Thanks for your hints, I'll try squashfs.

But wouldn't it be possible to store all conflicts, dependencies, etc in one file or database ?
Dependencies are perhaps not needed to be stored separate, but conflicts could be looked up quite fast (if the possible conflicts would be stored in a senseful way).

As I said before, I'd love to do some work on this - If I'd knew python, on the other side, python doesn't seem to me being so hard to learn (I already know some languages). Could someone perhaps point me out where the checking is done, so I could take a look ?

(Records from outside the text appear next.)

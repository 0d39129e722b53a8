//! What holds of the plain tree, by its definition. No function here does anything: its contract is the law.

ghost use Rattle.pg_decider.specs.Laws.{TreeIsUnique, SmallTreeExists, NoModelIsUnsatisfiable, AnyOrderCloses, AnyOrderConflicts};

/// Below a path clauses have at most one tree.
pub fn a_tree_is_unique()
    ensures { TreeIsUnique }
{}

/// Clauses over n atoms have a tree, with fewer than 2^(n + 1) nodes.
pub fn a_small_tree_exists()
    ensures { SmallTreeExists }
{}

/// Where the tree has no model, no assignment satisfies the clauses.
pub fn no_model_means_unsatisfiable()
    ensures { NoModelIsUnsatisfiable }
{}

/// In whatever order forced literals are added one after the other, the closure is the same, and so is whether it has a conflict.
pub fn any_order_of_forced_literals_serves()
    ensures closes { AnyOrderCloses }
    ensures conflicts { AnyOrderConflicts }
{}
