//! The search from node to node, depth first, without recursion.

ghost use Rattle.std.specs.Prelude.{◌≡◌, ℕ, Bool, List, ◌+◌, ◌-◌, ◌*◌, ◌^◌, ◌<◌, ◌≤◌, true, false, [], ◌∷◌, ◌++◌, length, take, vec_capacity, MatchOption};
ghost use Rattle.pg_region.specs.Literal.{Literal, negated};
ghost use Rattle.pg_region.specs.Pieces.{total};
ghost use Rattle.pg_decider.specs.Assignment.{on};
ghost use Rattle.pg_decider.specs.Outcome.{Answers, nodes_of};
ghost use Rattle.pg_decider.specs.Search.{Searching, IsOpen, branch, back_to};
ghost use Rattle.pg_decider.specs.Trail.{added_to};
ghost use Rattle.pg_decider.specs.Tree.{Tree, IsTree};
ghost use Rattle.pg_decider.specs.declared.search.Branch.{Branch};

use crate::log::{TreeLog, TreeNode};
use crate::settle::{Node, settle};
use crate::trail::Trail;
use crate::verdict::Verdict;
use crate::watches::Watches;
use pg_region::{ClauseReader, Lit};

/// A child that is still to be visited: where the trail goes back to, and the literal that is added there.
#[derive(Clone, Copy, Drop)]
pub struct Branch {
    pub mark: u32,
    pub literal: Lit,
}

/// Goes from node to node, until a model, a closed tree or the end of the budget.
pub fn search(
    watches: &mut Watches,
    reader: &mut ClauseReader,
    trail: &mut Trail,
    branches: &mut Vec<Branch>,
    log: &mut TreeLog,
    budget: u32,
) -> Verdict
    requires searching { Searching reader.old.clauses watches.old.slots.items watches.old.chains trail.old branches.old.items 0 }
    requires start { branches.old.items ≡ [] }
    requires log { log.old.lines ≡ [] }
    requires room { trail.old.atoms + 1 ≤ vec_capacity branches.old }
    requires log_room { budget ≤ log.old.room }
    ensures reader { (reader.new.clauses ≡ reader.old.clauses) × (reader.new.atoms ≡ reader.old.atoms) }
    ensures looks { reader.new.looks ≤ reader.old.looks + nodes_of result budget * (length reader.old.clauses + total reader.old.clauses) }
    ensures room { (vec_capacity watches.new.slots ≡ vec_capacity watches.old.slots) × (length watches.new.chains.lists ≡ length watches.old.chains.lists) × (watches.new.chains.slots ≡ watches.old.chains.slots) }
    ensures branch_room { (vec_capacity branches.new ≡ vec_capacity branches.old) × (log.new.room ≡ log.old.room) × (trail.new.atoms ≡ trail.old.atoms) }
    ensures within { nodes_of result budget ≤ budget }
    ensures says { (w : Tree) → IsTree reader.old.clauses (on trail.old.literals) w → Answers result budget log.new.lines (on trail.new.literals) w }
{
    let mut left = budget;
    let mut from: u32 = 0;
    'nodes: while left > 0 {
        left -= 1;
        match settle(watches, reader, trail, from) {
            Node::Met => return Verdict::Model(budget - left),
            Node::Open(literal) => {
                log.push(TreeNode::Split(literal));
                from = go_down(trail, branches, literal);
            }
            Node::Shut => {
                log.push(TreeNode::Leaf);
                match go_back(trail, branches) {
                    None => return Verdict::Closed(budget - left),
                    Some(mark) => from = mark,
                }
            }
        }
    }
    Verdict::Spent
}

/// Adds a literal, and leaves its negation for later.
pub fn go_down(trail: &mut Trail, branches: &mut Vec<Branch>, literal: Lit) -> u32
    requires unset { (literal.atom ≤ trail.old.atoms) × (on trail.old.literals literal ≡ false) × (on trail.old.literals (negated literal) ≡ false) }
    requires few { length branches.old.items ≤ length trail.old.literals }
    requires room { trail.old.atoms + 1 ≤ vec_capacity branches.old }
    ensures from { result ≡ length trail.old.literals }
    ensures trail { trail.new ≡ added_to trail.old literal 0 }
    ensures branches { branches.new.items ≡ branches.old.items ++ record { mark = length trail.old.literals; literal = negated literal } ∷ [] }
    ensures room { vec_capacity branches.new ≡ vec_capacity branches.old }
{
    let mark = trail.len();
    trail.add(literal, 0);
    let _len = trail.len();
    branches.push_reserved(Branch {
        mark,
        literal: literal.negated(),
    });
    mark
}

/// Goes back to the last branch, and adds its literal.
pub fn go_back(trail: &mut Trail, branches: &mut Vec<Branch>) -> Option<u32>
    requires { (i : ℕ) → i + 1 ≡ length branches.old.items → ((branch branches.old.items i).mark < length trail.old.literals) × IsOpen trail.old (take (branch branches.old.items i).mark trail.old.literals) (branch branches.old.items i).literal }
    ensures moved { MatchOption result (branches.old.items ≡ []) (λ m. (b : Branch) × (branches.old.items ≡ branches.new.items ++ b ∷ []) × (m ≡ b.mark) × (trail.new ≡ back_to trail.old b.mark b.literal)) }
    ensures atoms { trail.new.atoms ≡ trail.old.atoms }
    ensures room { vec_capacity branches.new ≡ vec_capacity branches.old }
{
    match branches.pop() {
        None => None,
        Some(branch) => {
            trail.undo(branch.mark);
            trail.add(branch.literal, 0);
            Some(branch.mark)
        }
    }
}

I guess somewhere around line 4300 in portage.py, but the whole source of portage seems to me quite complex. A tip would be quite useful.

Comment 16 Zac Medico gentoo-dev 2007-03-25 02:47:18 UTC
(In reply to comment #15)
> But wouldn't it be possible to store all conflicts, dependencies, etc in one
> file or database ?

Yes, that's what the /var/cache/edb/vdb_{metadata,blockers}.pickle files do for installed packages.  For the portage tree, you can use the sqlite cache module:

http://gentoo-wiki.com/TIP_speed_up_portage_with_sqlite

If you use the metadate_overlay module together with a portage tree in squashfs, changing to the sqlite module probably won't provide any benefit since reading ${PORTDIR}/metadata/cache/ from squashfs is quite efficient.